Eivor
- Gender: Unisex

Origin
- Word/name: Old Norse
- Region of origin: Nordic

Other names
- Cognate: Eyvǫr
- Related names: Eivør, Eyvor, Øivor, Øyvor, Eivör, Eyvör

= Eivor =

Eivor, Eivør or Øyvor is a Unisex given name in the Nordic countries. In Sweden, 4,922 people bear the name. The average age is 78.
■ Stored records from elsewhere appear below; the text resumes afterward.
//! Vectors, and values of expressions.
//!
//! - `planes`: a vector's own calls: `width 1x0z => 4`, `up 1x0z => 1100`, `low 1x0z => 1001`, `bit 0 1x0z => z`, `is_bool 01 => yes`,
//!   `below x1x 01z => yes`.
//! - `entries`: the vectors of each kind of variable: `now 000 001`.
//! - `values`: an expression of the graph and its value, whose width the node has: `add 0111 0001 => 1000`.

ghost use Rattle.std.specs.Prelude.{◌≤◌};

use case_exprs::{Kind, built, digits, kind_of, put_digits, read_vectors};
use case_rows::{Fault, Judge, first_named, put, put_number, small_at, word, words_from};
use fourvec::Four;
use std::alloc::Global;
use svex_arena::{Arena, Env};

#[derive(Clone, Copy)]
pub struct Planes;

#[derive(Clone, Copy)]
enum Call {
    Width,
    Up,
    Low,
    IsBool,
    Below,
    Bit,
}

static CALLS: [(&[u8], Call); 6] = [
    (b"width", Call::Width),
    (b"up", Call::Up),
    (b"low", Call::Low),
    (b"is_bool", Call::IsBool),
    (b"below", Call::Below),
    (b"bit", Call::Bit),
];

fn put_truth(said: &mut Vec<u8>, holds: bool) -> Result<(), Fault> {
    put(said, if holds { b"yes" } else { b"no" })
}

// Puts the bits of a word of a plane.
fn put_plane(said: &mut Vec<u8>, width: u8, plane: u128) -> Result<(), Fault>
    requires { width ≤ 128 }
{
    for below in 0..width {
        let bit = plane >> (width - 1 - below) & 1;
        put(said, if bit == 1 { b"1" } else { b"0" })?;
    }
    Ok(())
}

fn put_bit(said: &mut Vec<u8>, question: &[u8], a: &Four) -> Result<(), Fault> {
    let at = small_at(question, 2)?;
    if at >= a.width() {
        return Err(Fault::Form);
    }
    put_digits(said, &a.slice(at, 1))
}

fn vector_at(text: &[u8], at: usize) -> Result<Four, Fault> {
    digits(word(text, at)).ok_or(Fault::Form)
}

fn put_below(said: &mut Vec<u8>, question: &[u8], a: &Four) -> Result<(), Fault> {
    let b = vector_at(question, 2)?;
    put_truth(said, a.below(&b))
}

impl Planes {
    fn say(&self, question: &[u8], a: &Four, said: &mut Vec<u8>) -> Result<(), Fault> {
        match first_named(&CALLS, question)? {
            Call::Width => put_number(said, u64::from(a.width())),
            Call::Up => put_plane(said, a.width(), a.up()),
            Call::Low => put_plane(said, a.width(), a.low()),
            Call::IsBool => put_truth(said, a.is_bool()),
            Call::Below => put_below(said, question, a),
            Call::Bit => put_bit(said, question, a),
        }
    }
}

impl Judge for Planes {
    fn row(&mut self, question: &[u8], _wanted: &[u8], said: &mut Vec<u8>) -> Result<(), Fault> {
        let a = vector_at(question, 1)?;
        self.say(question, &a, said)
    }
}

#[derive(Drop)]
pub struct Entries<'a> {
    pub env: &'a mut Env,
}

fn set_entries(list: &mut Vec<Four>, words: &[u8]) -> Result<(), Fault> {
    list.clear();
    read_vectors(list, words_from(words, 1))
}

fn set_kind(env: &mut Env, kind: Kind, words: &[u8]) -> Result<(), Fault> {
    match kind {
        Kind::Now => set_entries(&mut env.present, words),
        Kind::Prev => set_entries(&mut env.previous, words),
        Kind::Stim => set_entries(&mut env.stim, words),
        Kind::Chosen => set_entries(&mut env.chosen, words),
        Kind::Sampled => set_entries(&mut env.sampled, words),
    }
}

impl<'a> Judge for Entries<'a> {
    fn row(&mut self, words: &[u8], wanted: &[u8], said: &mut Vec<u8>) -> Result<(), Fault> {
        let kind = kind_of(word(words, 0)).ok_or(Fault::Form)?;
        set_kind(self.env, kind, words)?;
        put(said, wanted)
    }
}

#[derive(Drop)]
pub struct Values<'a> {
    alloc: Global,
    arena: Arena,
    env: &'a Env,
}

impl<'a> Values<'a> {
    pub fn new(alloc: Global, env: &'a Env) -> Values<'a> {
        Values {
            alloc,
            arena: Arena::new(alloc),
            env,
        }
    }
}

// Puts a value as it is wanted, where it is that one and has the width of its node.
fn put_value(said: &mut Vec<u8>, value: &Four, width: u8, wanted: &[u8]) -> Result<(), Fault> {
    if width != value.width() {
        put_digits(said, value)?;
        put(said, b" of another width")
    } else if digits(wanted) == Some(*value) {
        put(said, wanted)
    } else {
        put_digits(said, value)
    }
}

impl<'a> Judge for Values<'a> {
    fn row(&mut self, question: &[u8], wanted: &[u8], said: &mut Vec<u8>) -> Result<(), Fault> {
        let node = built(&mut self.arena, self.alloc, question)?;
        if node.index() >= self.arena.len() {
            return Err(Fault::Form);
        }
        let value = self.arena.eval(self.alloc, node, self.env)?;
        put_value(said, &value, self.arena.width(node), wanted)
    }
}
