//! Where an index leads: whether its bits are known, how far it is from 0, and for each place one literal that tells whether a part begins
//! there. The part begins at a whole number that grows or falls with the index, so for each place there is one distance from 0 that the
//! index has to have, if any, and the literal compares the index with that constant.

ghost use Rattle.std.specs.Prelude.{◌≡◌, ℕ, ◌+◌, ◌*◌, ◌^◌, ◌<◌, ◌==◌, IfOk, true, false, length, map, ◌+ℤ◌, if◌then◌else◌};
ghost use Rattle.std.specs.List.{All};
ghost use Rattle.aig.specs.Graph.{holds, negation, IsIn};
ghost use Rattle.aig_words.specs.Words.{number, Grew, IsWord, Obeyed};
ghost use Rattle.fourvec.specs.Bits.{is_known};
ghost use Rattle.pair_words.specs.Rails.{bits, IsWired};
ghost use Rattle.pair_words.specs.Truths.{truths};
ghost use Rattle.fourvec.specs.Spots.{reached};
ghost use Rattle.pair_words.specs.Starts.{is_there, is_distance, back_of, far_of, begin_at};

use crate::numbers::{turned, uppers};
use crate::pairs::Pair;
use crate::vectors::known;
use aig::{Aig, Lit};
use aig_words::pick;
use fourvec::Spot;
use std::alloc::{AllocError, Global};

/// Where an index leads: whether no bit of it is unknown, whether it counts downwards, and how far it is from 0.
#[derive(Drop)]
pub struct Aim {
    pub fine: Lit,
    pub back: Lit,
    pub far: Vec<Lit>,
}

/// A whole number: how far from 0 it is, and whether below.
#[derive(Clone, Copy)]
pub struct Start {
    pub back: bool,
    pub far: u128,
}

// The literal, or its negation.
fn flipped(l: Lit, yes: bool) -> Lit
    ensures { result ≡ (if yes then negation l else l) }
{
    if yes { !l } else { l }
}

fn signed_index(
    alloc: Global,
    aig: &mut Aig,
    fine: Lit,
    at: &[Lit],
    spot: &Spot,
) -> Result<Aim, AllocError>
    requires signed { spot.now.signed ≡ true }
    requires some { 0 < length at.now }
    requires at_in { All (IsIn aig.old) at.now }
    ensures grew { Grew (10 * length at.now) aig.old aig.new }
    ensures fine { IfOk result (λ x. x.fine ≡ fine) }
    ensures back_in { IfOk result (λ x. IsIn aig.new x.back) }
    ensures word { IfOk result (λ x. IsWord aig.new (length at.now) x.far.items) }
    ensures back { IfOk result (λ x. Obeyed aig.new (λ v. holds v x.back ≡ back_of spot.now (truths v at.now))) }
    ensures far { IfOk result (λ x. Obeyed aig.new (λ v. number v x.far.items ≡ far_of spot.now (truths v at.now))) }
{
    let top = at[at.len() - 1];
    let far = turned(alloc, aig, top, at)?;
    Ok(Aim {
        fine,
        back: flipped(top, spot.negate),
        far,
    })
}

fn plain_index(
    alloc: Global,
    aig: &mut Aig,
    fine: Lit,
    at: &[Lit],
    spot: &Spot,
) -> Result<Aim, AllocError>
    requires plain { spot.now.signed ≡ false }
    requires some { 0 < length at.now }
    requires at_in { All (IsIn aig.old) at.now }
    ensures grew { Grew (10 * length at.now) aig.old aig.new }
    ensures fine { IfOk result (λ x. x.fine ≡ fine) }
    ensures back_in { IfOk result (λ x. IsIn aig.new x.back) }
    ensures word { IfOk result (λ x. IsWord aig.new (length at.now) x.far.items) }
    ensures back { IfOk result (λ x. Obeyed aig.new (λ v. holds v x.back ≡ back_of spot.now (truths v at.now))) }
    ensures far { IfOk result (λ x. Obeyed aig.new (λ v. number v x.far.items ≡ far_of spot.now (truths v at.now))) }
{
    // For the proof: recalls what the type promises of it.
    let _ = aig.len();
    let far = Vec::from_slice(alloc, at)?;
    Ok(Aim {
        fine,
        back: flipped(Lit::constant(false), spot.negate),
        far,
    })
}

fn index_of(
    alloc: Global,
    aig: &mut Aig,
    fine: Lit,
    at: &[Lit],
    spot: &Spot,
) -> Result<Aim, AllocError>
    requires some { 0 < length at.now }
    requires at_in { All (IsIn aig.old) at.now }
    ensures grew { Grew (10 * length at.now) aig.old aig.new }
    ensures fine { IfOk result (λ x. x.fine ≡ fine) }
    ensures back_in { IfOk result (λ x. IsIn aig.new x.back) }
    ensures word { IfOk result (λ x. IsWord aig.new (length at.now) x.far.items) }
    ensures back { IfOk result (λ x. Obeyed aig.new (λ v. holds v x.back ≡ back_of spot.now (truths v at.now))) }
    ensures far { IfOk result (λ x. Obeyed aig.new (λ v. number v x.far.items ≡ far_of spot.now (truths v at.now))) }
{
    if spot.signed {
        signed_index(alloc, aig, fine, at, spot)
    } else {
        plain_index(alloc, aig, fine, at, spot)
    }
}

/// Where the index of a vector leads, by its upper rail.
pub fn sought(alloc: Global, aig: &mut Aig, at: &[Pair], spot: &Spot) -> Result<Aim, AllocError>
    requires node { 0 < length aig.old }
    requires some { 0 < length at.now }
    requires at_in { All (IsWired aig.old) at.now }
    ensures grew { Grew (14 * length at.now) aig.old aig.new }
    ensures fine_in { IfOk result (λ s. IsIn aig.new s.fine) }
    ensures back_in { IfOk result (λ s. IsIn aig.new s.back) }
    ensures word { IfOk result (λ s. IsWord aig.new (length at.now) s.far.items) }
    ensures fine { IfOk result (λ s. Obeyed aig.new (λ v. holds v s.fine ≡ is_known (bits v at.now))) }
    ensures back { IfOk result (λ s. Obeyed aig.new (λ v. holds v s.back ≡ back_of spot.now (truths v (map (λ p. p.up) at.now)))) }
    ensures far { IfOk result (λ s. Obeyed aig.new (λ v. number v s.far.items ≡ far_of spot.now (truths v (map (λ p. p.up) at.now)))) }
{
    let fine = known(aig, at)?;
    let x = uppers(alloc, at)?;
    index_of(alloc, aig, fine, &x, spot)
}

// Whether a word stands for a number.
fn is_number(aig: &mut Aig, word: &[Lit], k: u128) -> Result<Lit, AllocError>
    requires node { 0 < length aig.old }
    requires word_in { All (IsIn aig.old) word.now }
    ensures grew { Grew (length word.now) aig.old aig.new }
    ensures within { IfOk result (λ r. IsIn aig.new r) }
    ensures value { IfOk result (λ r. Obeyed aig.new (λ v. holds v r ≡ (number v word.now == k))) }
{
    let mut last = Lit::constant(true);
    let mut rest = k;
    for i in 0..word.len() {
        last = aig.and(last, flipped(word[i], rest % 2 == 0))?;
        rest /= 2;
    }
    if rest == 0 {
        Ok(last)
    } else {
        Ok(Lit::constant(false))
    }
}

// Whether the product of a word's number and another is a number.
fn is_product(aig: &mut Aig, word: &[Lit], each: u128, n: u128) -> Result<Lit, AllocError>
    requires node { 0 < length aig.old }
    requires word_in { All (IsIn aig.old) word.now }
    ensures grew { Grew (length word.now) aig.old aig.new }
    ensures within { IfOk result (λ r. IsIn aig.new r) }
    ensures value { IfOk result (λ r. Obeyed aig.new (λ v. holds v r ≡ (number v word.now * each == n))) }
{
    if each == 0 {
        return Ok(Lit::constant(n == 0));
    }
    if n % each != 0 {
        return Ok(Lit::constant(false));
    }
    is_number(aig, word, n / each)
}

// How far from 0 an index that counts upwards has to be to lead to a place.
fn distance_up(start: Start, t: u128) -> Option<u128>
    requires small { t < 2 ^ 64 }
    requires near { start.far < 2 ^ 65 }
    ensures { (p : ℕ) → is_distance result p ≡ is_there (reached false p +ℤ reached start.back start.far) t }
{
    if start.back {
        Some(t + start.far)
    } else if start.far <= t {
        Some(t - start.far)
    } else {
        None
    }
}

// How far from 0 an index that counts downwards has to be to lead to a place. From a start below 0, or at it, it leads there only
// where all are 0.
fn distance_down(start: Start, t: u128) -> Option<u128>
    requires small { t < 2 ^ 64 }
    requires near { start.far < 2 ^ 65 }
    ensures { (p : ℕ) → is_distance result p ≡ is_there (reached true p +ℤ reached start.back start.far) t }
{
    if start.back {
        if t + start.far == 0 { Some(0) } else { None }
    } else if t <= start.far {
        Some(start.far - t)
    } else {
        None
    }
}

// Whether the product of a word's number and another is a distance.
fn goes_as_far(
    aig: &mut Aig,
    word: &[Lit],
    each: u128,
    distance: Option<u128>,
) -> Result<Lit, AllocError>
    requires node { 0 < length aig.old }
    requires word_in { All (IsIn aig.old) word.now }
    ensures grew { Grew (length word.now) aig.old aig.new }
    ensures within { IfOk result (λ r. IsIn aig.new r) }
    ensures value { IfOk result (λ r. Obeyed aig.new (λ v. holds v r ≡ is_distance distance (number v word.now * each))) }
{
    match distance {
        Some(n) => is_product(aig, word, each, n),
        None => Ok(Lit::constant(false)),
    }
}

/// Whether an index leads to a place.
pub fn leads(
    aig: &mut Aig,
    back: Lit,
    far: &[Lit],
    each: u128,
    start: Start,
    t: u128,
) -> Result<Lit, AllocError>
    requires node { 0 < length aig.old }
    requires small { t < 2 ^ 64 }
    requires near { start.far < 2 ^ 65 }
    requires back_in { IsIn aig.old back }
    requires far_in { All (IsIn aig.old) far.now }
    ensures grew { Grew (2 * length far.now + 3) aig.old aig.new }
    ensures within { IfOk result (λ r. IsIn aig.new r) }
    ensures value { IfOk result (λ r. Obeyed aig.new (λ v. holds v r ≡ is_there (begin_at (holds v back) (number v far.now) each start.back start.far) t)) }
{
    let up = goes_as_far(aig, far, each, distance_up(start, t))?;
    let down = goes_as_far(aig, far, each, distance_down(start, t))?;
    pick(aig, back, down, up)
}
The name perhaps originated from either the Proto-Norse word auja, which is thought to mean "good luck", or from Old Norse ey- or øy-, meaning "island", and secondly from -varr, meaning "careful", or perhaps from the Proto-Norse word *warjaʀ, meaning "defender". The Old Norse form of the name was Eyvǫr or Øyvǫr.

==Notable people==
===Faroese===
- Eivør Pálsdóttir (born 1983), known professionally as Eivør, Faroese singer-songwriter

===Norwegians===
- Øyvor Hansson (1893–1975), Norwegian politician

===Swedes===
- Eivor Alm
- Eivor Engelbrektsson (1914–2004), Swedish actress
- Eivor Landström
- Eivor Olson
- Eivor Steen-Olsson

==In popular culture==
- Eivor Varinsdottir, the protagonist of the 2020 video game Assassin's Creed: Valhalla.